The trade body attributed the fall to new barriers to trade with the EU after Brexit and the continuing effects of the COVID-19 pandemic. 

Exports to core markets including Germany (-44.5%), Italy (-43.3%) and Spain (-50.6%) had been particularly badly hit since 2019. UK exports to Ireland – the industry’s biggest overseas market – were down more than a quarter since 2019. This represented a loss of nearly £0.75bn in sales.

Whisky and salmon recover

However, global exports of whisky and salmon have started to recover, with sales of both products up 21% compared to 2020. All other major products, including beef (-18.4%), cheese (-13.2%) and pork (-5.7%) have continued to decline, with the exception of soft drinks which grew 11% from 2020. 

More positive news can be seen in non-EU markets in the past year, with exports up 11%. That was fuelled by a return to strong growth in China (+22.1%), Taiwan (+21.8%), the United Arab Emirates (+18.3%), Japan (+10.6%) and Singapore (+5.4%). 

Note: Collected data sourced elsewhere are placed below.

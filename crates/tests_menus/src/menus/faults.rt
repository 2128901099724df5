//! Files of choices from menus that are refused.
use crate::menus::cases::{Asked, assert_text, assert_told};
use rp_menu::MenuFault;
use std::alloc::Global;
use std::process::Abort;
use std::test::Fail;

/// Each fault at its place.
const AT_THEIR_PLACES: &[(&str, &str)] = &[
    ("", "Empty"),
    ("menu,choice,m\na,a,1\n", "BadHeader column 3"),
    ("menu,p_a,n\na,a,1\n", "BadHeader column 2"),
    ("menu,choice,n,menu\na,a,1,a\n", "TwiceNamed column 4"),
    ("menu,n\na,1\n", "Unpaired column 0"),
    ("choice,n\na,1\n", "Unpaired column 0"),
    ("menu,choice\na,a\n", "Unpaired column 0"),
    ("menu,choice,n\n", "NoRecords"),
    ("menu,choice,n\na,a,1\na,a\n", "Ragged record 2"),
    ("menu,choice,n\na,a,x\n", "BadNumber record 1 column 3"),
    ("menu,choice,n\na,a,1.5\n", "BadNumber record 1 column 3"),
    (
        "menu,choice,n\na,a,1.1234567\n",
        "BadNumber record 1 column 3",
    ),
    (
        "menu,choice,n\na,a,9999999\na,a,10000000\n",
        "TooLarge record 2 column 3",
    ),
    ("menu,choice,n\na,a,0\nb,b,0\n", "NoMenus"),
];

#[test]
fn faults_at_their_places(rt: HostRuntime) -> Result<(), Fail> {
    assert_told(&rt, rt.alloc(), Asked::Read, AT_THEIR_PLACES)
}

/// What is no menu: letters past f, in another order, twice, none, in upper case, with a blank.
const THAT_ARE_NONE: &[(&str, &str)] = &[
    (
        "menu,choice,n\nabcdef,f,1\n",
        "6 letters, menus 63, cells 0:5:1",
    ),
    ("menu,choice,n\nabcdefg,f,1\n", "BadMenu record 1"),
    ("menu,choice,n\nba,a,1\n", "BadMenu record 1"),
    ("menu,choice,n\naa,a,1\n", "BadMenu record 1"),
    ("menu,choice,n\n,a,1\n", "BadMenu record 1"),
    ("menu,choice,n\nA,A,1\n", "BadMenu record 1"),
    ("menu,choice,n\nab ,a,1\n", "BadMenu record 1"),
    ("menu,choice,n\nab,ab,1\n", "BadChoice record 1"),
    ("menu,choice,n\nab,,1\n", "BadChoice record 1"),
    ("menu,choice,n\nab,c,1\n", "BadChoice record 1"),
    ("menu,choice,n\nab, a,1\n", "BadChoice record 1"),
    ("menu,choice,n\nab,a,1\nac,b,0\n", "BadChoice record 2"),
];

#[test]
fn menus_that_are_none(rt: HostRuntime) -> Result<(), Fail> {
    assert_told(&rt, rt.alloc(), Asked::Read, THAT_ARE_NONE)
}

/// The order of faults: by record, in a record by column, then what was chosen, and only then the sizes.
const IN_ORDER: &[(&str, &str)] = &[
    ("menu,choice,n\nba,c,1\n", "BadMenu record 1"),
    ("menu,choice,n\nab,c,1\nba,b,1\n", "BadChoice record 1"),
    ("menu,choice,n\nba,a,x\n", "BadMenu record 1"),
    ("n,menu,choice\nx,ba,a\n", "BadNumber record 1 column 1"),
    ("menu,choice,n\nab,c,x\n", "BadNumber record 1 column 3"),
    (
        "menu,choice,n\nab,a,10000000\nab,c,1\n",
        "BadChoice record 2",
    ),
    ("menu,choice,n\nba,a\n", "Ragged record 1"),
    ("menu,menu,m\n", "TwiceNamed column 2"),
    ("menu,choice,n\nab,a,0\nba,a,0\n", "BadMenu record 2"),
];

#[test]
fn faults_in_order(rt: HostRuntime) -> Result<(), Fail> {
    assert_told(&rt, rt.alloc(), Asked::Read, IN_ORDER)
}

/// The text of a fault is its name alone.
const NAMES: &[(MenuFault, &str)] = &[
    (MenuFault::Empty, "Empty"),
    (MenuFault::Ragged { row: 1 }, "Ragged"),
    (MenuFault::BadHeader { column: 1 }, "BadHeader"),
    (MenuFault::TwiceNamed { column: 1 }, "TwiceNamed"),
    (MenuFault::Unpaired { column: 0 }, "Unpaired"),
    (MenuFault::NoRecords, "NoRecords"),
    (MenuFault::TooManyRecords, "TooManyRecords"),
    (MenuFault::BadNumber { row: 1, column: 1 }, "BadNumber"),
    (
        MenuFault::TooManyDecimals { row: 1, column: 1 },
        "TooManyDecimals",
    ),
    (MenuFault::TooLarge { row: 1, column: 1 }, "TooLarge"),
    (MenuFault::BadMenu { row: 1 }, "BadMenu"),
    (MenuFault::BadChoice { row: 1 }, "BadChoice"),
    (MenuFault::NoMenus, "NoMenus"),
    (MenuFault::TooManyCells { row: 1 }, "TooManyCells"),
    (MenuFault::NoMemory, "NoMemory"),
];

/// Asserts the text of each fault.
fn assert_names(rt: &impl Abort, alloc: Global, cases: &[(MenuFault, &str)]) -> Result<(), Fail> {
    for k in 0..cases.len() {
        let (fault, name) = cases[k];
        let got = fault.to_string(alloc)?;
        assert_text(rt, k, got.as_str(), name);
    }
    Ok(())
}

#[test]
fn faults_are_told_by_name(rt: HostRuntime) -> Result<(), Fail> {
    assert_names(&rt, rt.alloc(), NAMES)
}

Imports have been badly impacted since 2019, with sales from the EU down nearly 11% in the nine months to September compared to pre-COVID levels – a fall of more than £2.5bn. Imports from the Netherlands (-19%), Ireland (-20.1%) and Germany (-33.1%) were most severely hit over the past two years.

Delayed import controls

With the UK due to implement its delayed import controls on products arriving from the EU in 2022, this would further impact the cost and availability of supplies of food and drink from the EU, the FDF claimed. That would affect essential ingredients and raw materials required by UK manufacturers.